# Alligator Hunt Suggestions



## Ryanga9 (Jan 9, 2015)

Does anyone have an outfitter they would suggest for an Alligator hunt?

Me and some buddies would like to go on one this year.

I would like to get some good gator tail meat as well as have some gator boots made from the hyde.  I believe I would need to kill two gators for that, correct?

Any suggestions, tips would be appreciated.


----------



## mattech (Jan 9, 2015)

What zone you looking at? Zone 6-7-8 frydaddy. Zone 1-2-3 arrow2 zone 5-6 frog or micheal


----------



## holton27596 (Jan 9, 2015)

depends on the size of the gator. and whther or not you have enough points to get a tag. Captain Stan in woodbine does gator hunts at a reasonable fee.


----------



## donald-f (Jan 9, 2015)

Ryanga9 said:


> Does anyone have an outfitter they would suggest for an Alligator hunt?
> 
> Me and some buddies would like to go on one this year.
> 
> ...



Why would you need two gators for meat and gator tail? Boots are not made from the meat of gator tail, they are made from the hide.

By the way you will only get one tag if you get drawn. It takes anywhere from 3 to 5 years to be drawn for a tag.

If you want to hunt zones 1,2,or 3 contact REDNECK1 on this forum. He is one of the best guides and knows these areas.


----------



## Ryanga9 (Jan 13, 2015)

*Boots*

I was told that one gator was not enough hyde for two boots.  Not sure why?

I guess to get the same pattern on both boots?

I don't mind paying for a hunt in Florida or Louisiana.  Is there a higher success rate there, or is it about the same as here?


----------



## donald-f (Jan 13, 2015)

Ryanga9 said:


> I was told that one gator was not enough hyde for two boots.  Not sure why?
> 
> I guess to get the same pattern on both boots?
> 
> I don't mind paying for a hunt in Florida or Louisiana.  Is there a higher success rate there, or is it about the same as here?



You must be looking for baby gators or you have big feet. Do you think you will get the same pattern from 2 different gators? They vary in pattern and color. Get you a large gator and it will make a matching pair.
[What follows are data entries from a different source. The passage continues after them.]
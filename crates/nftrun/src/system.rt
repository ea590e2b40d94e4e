//! The host that makes the system calls: files, outputs, and the engine over them.
ghost use Rattle.progress.specs.Outputs.{capture_bytes};
ghost use Rattle.nftrun.specs.steps.Promised.{IsGuaranteed, held_by};

use crate::analysis::analyze;
use crate::closed_pipe::{PipeWriter, is_closed_pipe};
use crate::comparison::compare;
use crate::destination::Destination;
use crate::diagnosis::{
    explain_status, explain_unmet, list_faults, remark_on_capture, warn_of_nft,
};
use clap::Error;
use command_line::{CheckPaths, ReplayPaths, Task};
use devices::Counted;
use engine::{Counts, RunFault};
use explanations::Explanation;
use program::{DiffFault, DiffInputs, FileIdentity, Host, ReachFault, RunFiles, Status, perform};
use progress::{Progress, ProgressLine, ProgressReader, RunInputs, run_with_progress};
use reach_report::UnmetReasons;
use std::env::{self, Env};
use std::fs::OpenFile;
use std::hash::RandomState;
use std::io::{IsTerminal, Write};
use std::os::unix::fs::MetadataExt;
use std::random::RandomSource;
use std::rt::{Clock, Files};
use std::{fs, io};

/// The host of the operating system.
#[derive(Drop)]
struct System<'a, R> {
    rt: &'a R,
    terminals: Terminals,
    /// The size of IN in bytes, where it is known and progress is shown.
    size: Option<u64>,
    /// The last call that failed, for the message about it.
    failed: Option<Failed>,
    /// The text of the ruleset that was accepted last.
    accepted: Option<Vec<u8>>,
    /// Why rules can't be met, by the last answer.
    unmet: Option<UnmetReasons>,
}

/// Which of the outputs are terminals.
#[derive(Clone, Copy)]
struct Terminals {
    output: bool,
    errors: bool,
}

/// A call that failed.
#[derive(Drop)]
enum Failed {
    /// The system's message about a file.
    Call(String),
    /// A read of IN.
    Read,
    /// A write to OUT.
    Write,
    /// A write of the report.
    Report,
    /// A write to standard output, which nobody reads any more.
    ClosedPipe,
}

impl Failed {
    /// Which call of a run failed, if one did. A device fault without a failed read of IN or write
    /// to OUT is one of the report.
    fn in_run(reads: u64, writes: u64, outcome: &Result<bool, RunFault>) -> Option<Failed> {
        match outcome {
            Err(RunFault::Device) if reads > 0 => Some(Failed::Read),
            Err(RunFault::Device) if writes > 0 => Some(Failed::Write),
            Err(RunFault::Device) => Some(Failed::Report),
            _ => None,
        }
    }
}

impl<R: AllocGlobal> System<'_, R> {
    /// Keeps the system's message of a call that failed.
    fn keep<T>(&mut self, subject: &str, answer: io::Result<T>) -> io::Result<T> {
        if is_closed_pipe(&answer) {
            self.failed = Some(Failed::ClosedPipe);
        } else if let Err(error) = &answer {
            let message = format!(in self.rt.alloc(); "{subject}: {error}");
            self.failed = match message {
                Ok(message) => Some(Failed::Call(message)),
                Err(_) => None,
            };
        }
        answer
    }
}

impl<R> System<'_, R> {
    /// How progress is shown beside the report, which goes to standard output or to a file; not at
    /// all where standard error is no terminal.
    fn progress(&self, to_output: bool) -> Option<Progress> {
        if !self.terminals.errors {
            return None;
        }
        let line = if to_output && self.terminals.output {
            ProgressLine::Appended
        } else {
            ProgressLine::Overwritten
        };
        Some(Progress {
            line,
            size: self.size,
        })
    }
}

/// The size of a regular file in bytes.
fn size_of(file: &impl OpenFile) -> Option<u64> {
    let found = file.metadata().ok()?;
    if found.is_file() {
        Some(found.len())
    } else {
        None
    }
}

impl<R: Eprint + AllocGlobal> System<'_, R> {
    /// Prints which call failed.
    fn print_failure(&self, task: &Task<'_>) -> io::Result<()> {
        let rt = self.rt;
        let (path, call) = match (&self.failed, task) {
            (Some(Failed::Call(message)), _) => return eprintln!(rt; "{}", message.as_str()),
            (Some(Failed::Read), Task::Run(run)) => (run.paths.input, "read"),
            (Some(Failed::Write), Task::Run(run)) => (run.paths.output, "write"),
            (Some(Failed::Report), Task::Run(run)) => {
                (run.report.unwrap_or("standard output"), "write")
            }
            _ => return Ok(()),
        };
        eprintln!(rt; "{path}: a {call} failed")
    }
}

impl<'a, R: Clock + Env + Files + Print + Eprint + RandomSource + AllocGlobal> Host
    for System<'a, R> {
    type Input = Counted<ProgressReader<'a, R, R::File>>;

    type Output = Counted<Destination<R::File>>;

    // What files hold can't be stated. What the engine guarantees of a run for its texts and its
    // capture can, and so can what it guarantees of a check, and of the texts of an analysis or a
    // comparison.
    ghost happens = { λ _ call _.
        IsGuaranteed (capture_bytes R.File.remaining) (held_by R.File.contents) call };

    fn words(&mut self) -> io::Result<Vec<String>> {
        Ok(env::args(self.rt)?.collect(self.rt.alloc())?)
    }

    fn errors_to_terminal(&mut self) -> bool {
        self.terminals.errors
    }

    fn read(&mut self, path: &str) -> io::Result<Vec<u8>> {
        let answer = fs::read(self.rt, path);
        self.keep(path, answer)
    }

    fn open(&mut self, path: &str) -> io::Result<Self::Input> {
        let answer = fs::open(self.rt, path);
        let file = self.keep(path, answer)?;
        if self.terminals.errors {
            self.size = size_of(&file);
        }
        Ok(Counted::new(ProgressReader::new(Counted::new(file))))
    }

    // stat(2): follows symbolic links.
    fn identify(&mut self, path: &str) -> io::Result<FileIdentity> {
        let answer = fs::metadata(self.rt, path);
        let found = self.keep(path, answer)?;
        Ok(FileIdentity {
            is_regular: found.is_file(),
            device: found.dev(),
            inode: found.ino(),
        })
    }

    fn draw_keys(&mut self) -> io::Result<RandomState> {
        let answer = RandomState::new(self.rt);
        self.keep("random bytes", answer)
    }

    fn create(&mut self, path: &str) -> io::Result<Self::Output> {
        let answer = fs::create(self.rt, path);
        Ok(Counted::new(Destination::File(self.keep(path, answer)?)))
    }

    fn run(
        &mut self,
        inputs: RunInputs<'_>,
        files: &mut RunFiles<Self::Input, Self::Output>,
    ) -> Result<bool, RunFault> {
        let rt = self.rt;
        let progress = self.progress(files.report.is_none());
        let RunFiles {
            input,
            output,
            report,
        } = files;
        let mut is_closed = false;
        let outcome = match report {
            Some(file) => run_with_progress(rt, inputs, progress, input, output, file),
            None => {
                let mut writer = Counted::new(PipeWriter::new(io::writer(rt)));
                let outcome = run_with_progress(rt, inputs, progress, input, output, &mut writer);
                is_closed = writer.into_inner().is_closed();
                outcome
            }
        };
        self.failed = if is_closed {
            Some(Failed::ClosedPipe)
        } else {
            Failed::in_run(input.failures(), output.failures(), &outcome)
        };
        outcome
    }

    fn judge(&mut self, rules: Vec<u8>, network: &[u8]) -> Result<Counts, RunFault> {
        let answer = engine::judge(self.rt.alloc(), &rules, network);
        self.accepted = match &answer {
            Ok(_) => Some(rules),
            Err(_) => None,
        };
        answer
    }

    fn print_accepted(&mut self, counts: Counts) -> io::Result<()> {
        let rt = self.rt;
        let answer = println!(rt;
            "accepted tables {} chains {} rules {}",
            counts.tables, counts.chains, counts.rules
        );
        self.keep("standard output", answer)
    }

    fn reach(&mut self, rules: Vec<u8>, network: &[u8], sets: bool) -> Result<bool, ReachFault> {
        let rt = self.rt;
        let found = analyze(rt.alloc(), &rules, network, sets)?;
        let answer = io::writer(rt).write_all(&found.lines);
        self.unmet = Some(found.unmet);
        self.keep("standard output", answer)?;
        Ok(found.is_met)
    }

    fn diff(&mut self, inputs: DiffInputs<'_>) -> Result<bool, DiffFault> {
        let rt = self.rt;
        let found = compare(rt.alloc(), inputs)?;
        let answer = io::writer(rt).write_all(&found.text);
        self.keep("standard output", answer)?;
        Ok(found.same)
    }

    fn print_status(&mut self, status: Status) {
        let rt = self.rt;
        let _ = eprintln!(rt; "{status}");
    }

    fn explain_status(&mut self, status: Status, task: &Task<'_>) {
        explain_status(self.rt, status, task);
        match status {
            Status::Device => {
                let _ = self.print_failure(task);
            }
            Status::Unmet => {
                if let (Some(unmet), Task::Reach(reach)) = (&self.unmet, task) {
                    explain_unmet(self.rt, reach.texts.rules, unmet);
                }
            }
            _ => {}
        }
    }

    fn remark_on_capture(&mut self, paths: &ReplayPaths<'_>) {
        remark_on_capture(self.rt, paths);
    }

    fn list_faults(&mut self, task: &Task<'_>) {
        list_faults(self.rt, task);
    }

    fn warn_of_nft(&mut self, texts: &CheckPaths<'_>) {
        if let Some(text) = &self.accepted {
            warn_of_nft(self.rt, texts.rules, text);
        }
    }

    fn show(&mut self, explanation: &Explanation) -> io::Result<()> {
        let rt = self.rt;
        let answer = println!(rt;
            "{}: {}\n\n{}",
            explanation.code, explanation.sentence, explanation.paragraph
        );
        self.keep("standard output", answer)
    }

    fn explain(&mut self, error: &Error) -> io::Result<()> {
        error.print(self.rt)
    }
}

/// Runs the program on the process's own command line, and returns the exit status.
///
/// Where `errors` (standard error) is a terminal, a run of more than a second shows its progress
/// there: on one line that is overwritten, or on lines of their own where the report goes to a
/// terminal (`output`, standard output) too.
pub fn start<R: Clock + Env + Files + Print + Eprint + RandomSource + AllocGlobal>(
    rt: &R,
    output: &impl IsTerminal,
    errors: &impl IsTerminal,
) -> u8 {
    let terminals = Terminals {
        output: output.is_terminal(),
        errors: errors.is_terminal(),
    };
    perform(
        rt.alloc(),
        &mut System {
            rt,
            terminals,
            size: None,
            failed: None,
            accepted: None,
            unmet: None,
        },
    )
}
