impl Model for World {
    ghost use Rattle.world.specs.Runs.{Run};

    ghost Value = { Run };

    ghost use Rattle.std.specs.Coded.{codes};
    ghost use Rattle.fab_disk.specs.contracts.mem_disk.MemDisk as disk;

    ghost coded = { Prim.hlevel (codes, disk.the_row.coded) };

    ghost use Rattle.world.specs.Standing.{run_of, IsStanding};

    ghost view = { run_of };

    ghost invariant = { IsStanding };
}

impl Drop for World {
    // Written out, it is proved once: a derived one is proved anew, with that of each part, in each crate above that lets a world go.
    fn drop(self) {
        let Self {
            alloc: _,
            layout: _,
            simulation: _,
            spares: _,
        } = self;
    }
}

/// Why a line was not run to its end.
#[derive(Clone, Copy, Debug, PartialEq, Eq)]
pub enum StepFault {
    /// It is no line of a schedule.
    BadLine,
    /// No memory was left.
    NoMemory,
}

impl From<NoMem> for StepFault {
    ghost use Rattle.std.specs.Prelude.{◌≡◌};
    ghost use Rattle.world.specs.declared.worlds.StepFault.TheVariants.{NoMemory};

    ghost from_gives = { λ _ e. e ≡ NoMemory };

    fn from(_error: NoMem) -> StepFault {
        StepFault::NoMemory
    }
}

/// The text of what a line came to, with the marks that it made, and then what a brick reported in it.
fn print(
    alloc: Global,
    outcome: Outcome,
    marks: &[Mark],
    reports: &[(BrickId, Report)],
) -> Result<Bytes, NoMem>
    ensures { IfOk result (λ text. text ≡ outcome_text outcome marks.now reports.now) }
{
    match outcome {
        Outcome::Marks => {
            let mut text = marks_text(alloc, marks)?;
            text.push_str(reports_text(alloc, reports)?.as_str())?;
            Ok(Bytes::from_vec(text.into_bytes()))
        }
        Outcome::Refused(refusal) => Ok(Bytes::from_vec(refusal.text(alloc)?.into_bytes())),
        Outcome::Idle => Ok(Bytes::from_vec(idle_text(alloc)?.into_bytes())),
    }
}

/// The group of a number, as a brick is asked for it: every number past 2^32 is as far past the last group as that is.
fn group_asked(number: u64) -> GroupId
    ensures { result.0 ≡ group_asked number }
{
    if number < 4_294_967_296 {
        GroupId(number as u32)
    } else {
        GroupId(u32::MAX)
    }
}

/// The numbers of bricks.
fn numbers_of(alloc: Global, bricks: &[BrickId]) -> Result<BrickList, NoMem>
    ensures { IfOk result (λ numbers. numbers ≡ map (λ brick. brick.0) bricks.now) }
{
    let mut numbers = Vec::with_capacity(alloc, bricks.len())?;
    for brick in bricks {
        numbers.push(u64::from(brick.0))?;
    }
    Ok(BrickList::from_vec(numbers))
}

/// What a line comes to that is no event.
fn done_if(done: bool) -> Outcome
    ensures { result ≡ marks_if done }
{
    if done { Outcome::Marks } else { Outcome::Idle }
}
The gator in my avatar is 8 ft and I wear a size 12 and I think it would have been plenty to get a pair of boots if I had wanted that.


----------



## Fuzzy D Fellers (Jan 13, 2015)

There are gator hunts in Florida its 1200 for the kill and tanned skin. Boots are extra


----------



## ben300win (Jan 13, 2015)

I hunted with Michael in zone 9 in 2011. Shot a 11-4" gator and my buddy shot a 9-6" one. We are set to draw again this year. Going with Michael again for sure.


----------



## ghost8026 (Jan 14, 2015)

What type outfitter you lookin for one like in fla that keeps tags or all yall apply in for tags and lookin for a guide here in ga?


----------



## Michael (Jan 14, 2015)

Ryan, I'm guessing you do not have any priority points built up to hunt gators in GA. So, to hunt this year, your only choice is Fla. It cost the most, but you can buy tags over the counter. 

If you are just starting out, SC is easier to draw than GA. But it cost to apply and then cost a little more than GA once you are drawn.

If you do already have a few points to hunt GA, there are several of us that have the equipment and knowledge to not only get you a gator, but get you there and home safely. Simply decide which part of the state you want to hunt, then once you have a tag "in hand" contact the guy who knows that area the best and see if he has any openings.


----------



## mike1225 (Jan 14, 2015)

I have a friend in south Florida I can put you in touch with.


----------



## frydaddy40 (Mar 17, 2015)

*Very good advice.*



Michael said:


> Ryan, I'm guessing you do not have any priority points built up to hunt gators in GA. So, to hunt this year, your only choice is Fla. It cost the most, but you can buy tags over the counter.
> 
> If you are just starting out, SC is easier to draw than GA. But it cost to apply and then cost a little more than GA once you are drawn.
> 
> If you do already have a few points to hunt GA, there are several of us that have the equipment and knowledge to not only get you a gator, but get you there and home safely. Simply decide which part of the state you want to hunt, then once you have a tag "in hand" contact the guy who knows that area the best and see if he has any openings.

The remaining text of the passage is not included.